Exercise prompt. Please reproduce, exactly and in full, the lines running from the one that contains "let e = link - 1;" to the end of the entries.

Dataset records.
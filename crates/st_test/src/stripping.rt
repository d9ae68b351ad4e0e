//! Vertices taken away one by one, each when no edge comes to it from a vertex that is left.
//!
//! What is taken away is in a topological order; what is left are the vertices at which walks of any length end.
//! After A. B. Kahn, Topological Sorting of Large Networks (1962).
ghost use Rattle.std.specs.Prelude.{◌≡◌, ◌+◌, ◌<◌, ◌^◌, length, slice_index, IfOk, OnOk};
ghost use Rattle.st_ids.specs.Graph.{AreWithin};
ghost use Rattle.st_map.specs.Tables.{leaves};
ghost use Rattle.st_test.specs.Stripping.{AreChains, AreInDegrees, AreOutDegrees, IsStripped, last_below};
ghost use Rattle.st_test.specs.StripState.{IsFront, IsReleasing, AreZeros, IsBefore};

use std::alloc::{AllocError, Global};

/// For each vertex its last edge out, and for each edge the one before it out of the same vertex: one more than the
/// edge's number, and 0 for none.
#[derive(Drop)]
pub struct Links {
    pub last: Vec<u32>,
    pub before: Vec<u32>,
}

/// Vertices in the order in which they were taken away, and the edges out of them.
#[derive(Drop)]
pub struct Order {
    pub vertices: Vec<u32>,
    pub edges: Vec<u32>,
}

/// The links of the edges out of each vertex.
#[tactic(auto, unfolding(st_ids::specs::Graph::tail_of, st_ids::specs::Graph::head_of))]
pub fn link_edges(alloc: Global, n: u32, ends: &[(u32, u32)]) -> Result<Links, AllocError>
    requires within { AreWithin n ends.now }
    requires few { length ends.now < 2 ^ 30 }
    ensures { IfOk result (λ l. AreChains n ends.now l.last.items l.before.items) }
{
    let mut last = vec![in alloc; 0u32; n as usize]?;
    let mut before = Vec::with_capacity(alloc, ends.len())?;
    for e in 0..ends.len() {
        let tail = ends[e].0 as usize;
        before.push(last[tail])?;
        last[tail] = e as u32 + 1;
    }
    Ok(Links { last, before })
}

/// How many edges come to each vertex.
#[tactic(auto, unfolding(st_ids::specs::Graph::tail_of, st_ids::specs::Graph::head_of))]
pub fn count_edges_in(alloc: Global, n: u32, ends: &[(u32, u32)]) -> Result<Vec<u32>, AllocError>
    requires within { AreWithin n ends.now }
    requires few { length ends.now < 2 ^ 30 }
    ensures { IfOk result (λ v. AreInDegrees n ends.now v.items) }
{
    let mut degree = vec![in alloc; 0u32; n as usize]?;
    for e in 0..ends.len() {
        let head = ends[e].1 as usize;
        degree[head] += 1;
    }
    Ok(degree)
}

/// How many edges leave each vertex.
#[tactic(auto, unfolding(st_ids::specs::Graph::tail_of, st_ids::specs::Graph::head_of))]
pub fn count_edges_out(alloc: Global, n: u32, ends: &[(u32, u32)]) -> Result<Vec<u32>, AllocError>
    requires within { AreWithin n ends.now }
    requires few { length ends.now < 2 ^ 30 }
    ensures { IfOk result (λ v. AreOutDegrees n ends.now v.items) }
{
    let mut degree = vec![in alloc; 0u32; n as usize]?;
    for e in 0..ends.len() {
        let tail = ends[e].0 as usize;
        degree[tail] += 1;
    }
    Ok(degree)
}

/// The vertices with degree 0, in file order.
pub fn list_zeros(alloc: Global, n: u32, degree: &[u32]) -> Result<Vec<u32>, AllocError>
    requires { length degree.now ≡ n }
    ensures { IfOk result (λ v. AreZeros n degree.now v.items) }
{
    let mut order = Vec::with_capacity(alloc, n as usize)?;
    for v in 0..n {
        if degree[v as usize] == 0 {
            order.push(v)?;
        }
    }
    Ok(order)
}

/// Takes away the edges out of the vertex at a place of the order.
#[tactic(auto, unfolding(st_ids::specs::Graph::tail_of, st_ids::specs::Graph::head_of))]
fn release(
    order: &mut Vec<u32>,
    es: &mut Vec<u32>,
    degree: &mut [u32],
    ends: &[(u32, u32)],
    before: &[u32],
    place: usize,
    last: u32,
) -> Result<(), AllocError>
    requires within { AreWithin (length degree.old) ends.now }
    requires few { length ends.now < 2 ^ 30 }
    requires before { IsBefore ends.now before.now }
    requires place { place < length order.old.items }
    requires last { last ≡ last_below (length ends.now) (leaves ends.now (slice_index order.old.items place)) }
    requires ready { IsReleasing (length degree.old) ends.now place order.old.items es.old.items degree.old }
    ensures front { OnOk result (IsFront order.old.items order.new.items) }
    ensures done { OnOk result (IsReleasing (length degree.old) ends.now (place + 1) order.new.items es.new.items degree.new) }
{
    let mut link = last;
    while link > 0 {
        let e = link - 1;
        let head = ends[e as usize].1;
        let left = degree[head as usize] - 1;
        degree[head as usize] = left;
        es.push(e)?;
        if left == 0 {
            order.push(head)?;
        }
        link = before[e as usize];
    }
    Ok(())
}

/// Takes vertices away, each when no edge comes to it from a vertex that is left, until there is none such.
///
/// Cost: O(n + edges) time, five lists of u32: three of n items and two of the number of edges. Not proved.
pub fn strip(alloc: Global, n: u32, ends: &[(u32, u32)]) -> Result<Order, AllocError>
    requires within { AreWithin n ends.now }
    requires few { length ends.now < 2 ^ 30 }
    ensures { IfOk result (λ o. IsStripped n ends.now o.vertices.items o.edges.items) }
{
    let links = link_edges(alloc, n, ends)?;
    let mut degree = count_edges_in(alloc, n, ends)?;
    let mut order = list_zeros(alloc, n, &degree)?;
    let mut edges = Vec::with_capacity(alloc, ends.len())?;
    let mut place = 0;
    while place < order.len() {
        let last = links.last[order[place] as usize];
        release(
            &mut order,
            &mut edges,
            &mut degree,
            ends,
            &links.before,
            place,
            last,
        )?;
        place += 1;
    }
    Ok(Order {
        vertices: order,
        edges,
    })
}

Solution to this task.
        let e = link - 1;
        let head = ends[e as usize].1;
        let left = degree[head as usize] - 1;
        degree[head as usize] = left;
        es.push(e)?;
        if left == 0 {
            order.push(head)?;
        }
        link = before[e as usize];
    }
    Ok(())
}

/// Takes vertices away, each when no edge comes to it from a vertex that is left, until there is none such.
///
/// Cost: O(n + edges) time, five lists of u32: three of n items and two of the number of edges. Not proved.
pub fn strip(alloc: Global, n: u32, ends: &[(u32, u32)]) -> Result<Order, AllocError>
    requires within { AreWithin n ends.now }
    requires few { length ends.now < 2 ^ 30 }
    ensures { IfOk result (λ o. IsStripped n ends.now o.vertices.items o.edges.items) }
{
    let links = link_edges(alloc, n, ends)?;
    let mut degree = count_edges_in(alloc, n, ends)?;
    let mut order = list_zeros(alloc, n, &degree)?;
    let mut edges = Vec::with_capacity(alloc, ends.len())?;
    let mut place = 0;
    while place < order.len() {
        let last = links.last[order[place] as usize];
        release(
            &mut order,
            &mut edges,
            &mut degree,
            ends,
            &links.before,
            place,
            last,
        )?;
        place += 1;
    }
    Ok(Order {
        vertices: order,
        edges,
    })
}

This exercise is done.